Question

A bicycle rider accelerates from rest up to full speed on a flat, straight road. The frictional force between the road and the tires pushing her forward is f1. The air drag (and other frictional forces) pushing back is f2. What relationship would f1 and f2 have in the first few seconds of the ride?

Answer 1

Answer:

$f_1 > f_2$

Explanation:

Frictional force due to road is pushing the cycle in forward direction

so it is given as f1

also the air drag is always in opposite direction of motion so it is given as f2

so here net force on the bicycle is given as

$F_{net} = f_1 - f_2$

now initially the speed of cycle is increasing with time

so here we can say that net force on the cycle must be positive in direction

so we have

$f_1 - f_2 > 0$

so we have

$f_1 > f_2$

Answer 2

Answer:

$f_1>f_2$

Explanation:

The bicycle is able to move forward due to the frictional force between the Tyre of the bicycle and the road.
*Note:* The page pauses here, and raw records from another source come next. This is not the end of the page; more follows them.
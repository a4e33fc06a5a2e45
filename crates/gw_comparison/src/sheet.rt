//! Points as CSV.

ghost use Rattle.std.specs.Prelude.{◌≡◌, ◌++◌, IfOk, OnOk};
ghost use Rattle.std.specs.Fmt.{decimal};
ghost use Rattle.gw_writing.specs.Decimals.{signed_with_point};
ghost use Rattle.gw_comparison.specs.Sheets as model;
ghost use Rattle.gw_comparison.specs.Sheets.{AddsEach, AddsPairRecords, account_record, head_fields, summary_record};
ghost use Rattle.gw_records.specs.Records.{record_text};

use crate::accounts::{Account, account_in, column_of, is_told};
use crate::differences::account_between;
use crate::point::{Column, Point};
use gw_object::Memory;
use gw_records::put_record;
use gw_statistics::Summary;
use gw_writing::{put_number, put_signed_decimal};
use std::alloc::Global;

/// What the fields are.
fn put_head(alloc: Global, out: &mut Vec<u8>) -> Result<(), Memory>
    ensures { OnOk result (out.new.items ≡ out.old.items ++ record_text head_fields) }
{
    put_record(
        alloc,
        out,
        &[
            b"point",
            b"figure",
            b"runs",
            b"mean",
            b"half-width",
            b"least",
            b"greatest",
        ],
    )
}

/// A number of millionths as a field.
fn field_of(alloc: Global, number: &i128) -> Result<Vec<u8>, Memory>
    ensures { IfOk result (λ field. field.items ≡ signed_with_point 6 number.now) }
{
    let mut field = Vec::new(alloc);
    put_signed_decimal(&mut field, 6, *number)?;
    Ok(field)
}

/// A half-width as a field: empty where there is none.
fn half_width_field(alloc: Global, half_width: Option<u128>) -> Result<Vec<u8>, Memory>
    ensures { IfOk result (λ field. field.items ≡ model.half_width_field half_width) }
{
    match half_width {
        Some(half_width) if half_width <= 1 << 120 => field_of(alloc, &(half_width as i128)),
        _ => Ok(Vec::new(alloc)),
    }
}

/// A count as a field.
fn count_field(alloc: Global, count: usize) -> Result<Vec<u8>, Memory>
    ensures { IfOk result (λ field. field.items ≡ decimal count) }
{
    let mut field = Vec::new(alloc);
    put_number(&mut field, "", count)?;
    Ok(field)
}

/// The record of a figure with values.
fn put_summary(
    alloc: Global,
    out: &mut Vec<u8>,
    point: &[u8],
    figure: &[u8],
    count: usize,
    summary: &Summary,
) -> Result<(), Memory>
    ensures { OnOk result
        (out.new.items ≡ out.old.items ++ summary_record point.now figure.now count summary.now) }
{
    let runs = count_field(alloc, count)?;
    let mean = field_of(alloc, &summary.mean)?;
    let half_width = half_width_field(alloc, summary.half_width)?;
    let least = field_of(alloc, &summary.least)?;
    let greatest = field_of(alloc, &summary.greatest)?;
    put_record(
        alloc,
        out,
        &[point, figure, &runs, &mean, &half_width, &least, &greatest],
    )
}

/// The record of a figure at a point.
fn put_account(
    alloc: Global,
    out: &mut Vec<u8>,
    point: &[u8],
    figure: &[u8],
    account: &Account,
) -> Result<(), Memory>
    ensures { OnOk result
        (out.new.items ≡ out.old.items ++ account_record point.now figure.now account.now) }
{
    match &account.summary {
        Some(summary) => put_summary(alloc, out, point, figure, account.count, summary),
        None => put_record(alloc, out, &[point, figure, b"0", b"", b"", b"", b""]),
    }
}

/// The record of a column, if it is told.
fn put_column(
    alloc: Global,
    out: &mut Vec<u8>,
    point: &[u8],
    column: &Column,
    all: bool,
) -> Result<(), Memory>
    ensures { OnOk result
        (model.AddsColumn all point.now column.now out.old.items out.new.items) }
{
    if !is_told(column, all) {
        return Ok(());
    }
    let account = account_in(alloc, column)?;
    put_account(alloc, out, point, &column.name, &account)
}

/// The records of columns.
fn put_columns(
    alloc: Global,
    out: &mut Vec<u8>,
    point: &[u8],
    columns: &[Column],
    all: bool,
) -> Result<(), Memory>
    ensures { OnOk result
        (AddsEach (model.AddsColumn all point.now) columns.now out.old.items out.new.items) }
{
    for i in 0..columns.len() {
        put_column(alloc, out, point, &columns[i], all)?;
    }
    Ok(())
}

/// The records of a point.
fn put_point(alloc: Global, out: &mut Vec<u8>, point: &Point, all: bool) -> Result<(), Memory>
    ensures { OnOk result (model.AddsColumns all point.now out.old.items out.new.items) }
{
    put_columns(alloc, out, &point.name, &point.columns, all)
}

/// The records of all points.
fn put_points(alloc: Global, out: &mut Vec<u8>, points: &[Point], all: bool) -> Result<(), Memory>
    ensures { OnOk result
        (AddsEach (model.AddsColumns all) points.now out.old.items out.new.items) }
{
    for i in 0..points.len() {
        put_point(alloc, out, &points[i], all)?;
    }
    Ok(())
}

/// What a difference is called: the point, and the first.
fn difference_name(alloc: Global, first: &[u8], second: &[u8]) -> Result<Vec<u8>, Memory>
    ensures { IfOk result (λ name. name.items ≡ model.difference_name first.now second.now) }
{
    let mut name = Vec::new(alloc);
    name.extend_from_slice(second)?;
    name.extend_from_slice(b" LESS ")?;
    name.extend_from_slice(first)?;
    Ok(name)
}

/// The record of the differences of a figure.
fn put_difference_of(
    alloc: Global,
    out: &mut Vec<u8>,
    name: &[u8],
    first: &Column,
    second: &Column,
) -> Result<(), Memory>
    ensures { OnOk result
        (model.AddsPairRecord name.now first.now second.now out.old.items out.new.items) }
{
    let account = account_between(alloc, first, second)?;
    put_account(alloc, out, name, &first.name, &account)
}

/// The record of the differences of a figure, if both points have it and it is told.
fn put_difference(
    alloc: Global,
    out: &mut Vec<u8>,
    name: &[u8],
    first: &Column,
    others: &[Column],
    all: bool,
) -> Result<(), Memory>
    ensures { OnOk result (model.AddsDifferenceIfTold all name.now others.now first.now
        out.old.items out.new.items) }
{
    if !is_told(first, all) {
        return Ok(());
    }
    match column_of(others, &first.name) {
        Some(second) => put_difference_of(alloc, out, name, first, second),
        None => Ok(()),
    }
}

/// The records of the differences of columns.
fn put_each_difference(
    alloc: Global,
    out: &mut Vec<u8>,
    name: &[u8],
    columns: &[Column],
    others: &[Column],
    all: bool,
) -> Result<(), Memory>
    ensures { OnOk result
        (AddsPairRecords all name.now others.now columns.now out.old.items out.new.items) }
{
    for i in 0..columns.len() {
        put_difference(alloc, out, name, &columns[i], others, all)?;
    }
    Ok(())
}

/// The records of the differences of a point to the first.
fn put_differences(
    alloc: Global,
    out: &mut Vec<u8>,
    first: &Point,
    second: &Point,
    all: bool,
) -> Result<(), Memory>
    ensures { OnOk result (model.AddsDifferenceRecords all first.now second.now
        out.old.items out.new.items) }
{
    let name = difference_name(alloc, &first.name, &second.name)?;
    put_each_difference(alloc, out, &name, &first.columns, &second.columns, all)
}

/// The records of the differences of points to the first.
fn put_others(
    alloc: Global,
    out: &mut Vec<u8>,
    first: &Point,
    others: &[Point],
    all: bool,
) -> Result<(), Memory>
    ensures { OnOk result
        (model.AddsOtherRecords all first.now others.now out.old.items out.new.items) }
{
    for i in 0..others.len() {
        put_differences(alloc, out, first, &others[i], all)?;
    }
    Ok(())
}

/// The records of the differences of all points to the first.
fn put_all_differences(
    alloc: Global,
    out: &mut Vec<u8>,
    points: &[Point],
    all: bool,
) -> Result<(), Memory>
    ensures { OnOk result
        (model.AddsAllDifferenceRecords all points.now out.old.items out.new.items) }
{
    match points {
        [first, others @ ..] => put_others(alloc, out, first, others, all),
        [] => Ok(()),
    }
}

/// Points as CSV: a record for each figure of each point, with the point's name, the figure's, how many runs have a value, and
/// the mean, the half-width, the least and the greatest of these; then the same of the differences of each point to the first;
/// numbers with six digits behind the point; a field is empty where there is
/// none. The first record has the names of the fields. Each ends by a carriage return and a line feed (RFC 4180).
pub fn put_sheet(
    alloc: Global,
    out: &mut Vec<u8>,
    points: &[Point],
    all: bool,
) -> Result<(), Memory>
    ensures { OnOk result (model.AddsSheet all points.now out.old.items out.new.items) }
{
    put_head(alloc, out)?;
    put_points(alloc, out, points, all)?;
    put_all_differences(alloc, out, points, all)
}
The air drag and other frictional forces act in the opposite direction of motion. The net force is:  

$F_{net}=f_1-f_2$ is non-zero due to which the bicycle is able to accelerate forward. Therefore, the frictional force between the Tyre and the road must be greater than the air drag.

Later on, as the bicylce attains full constant speed, the two forces would be equal.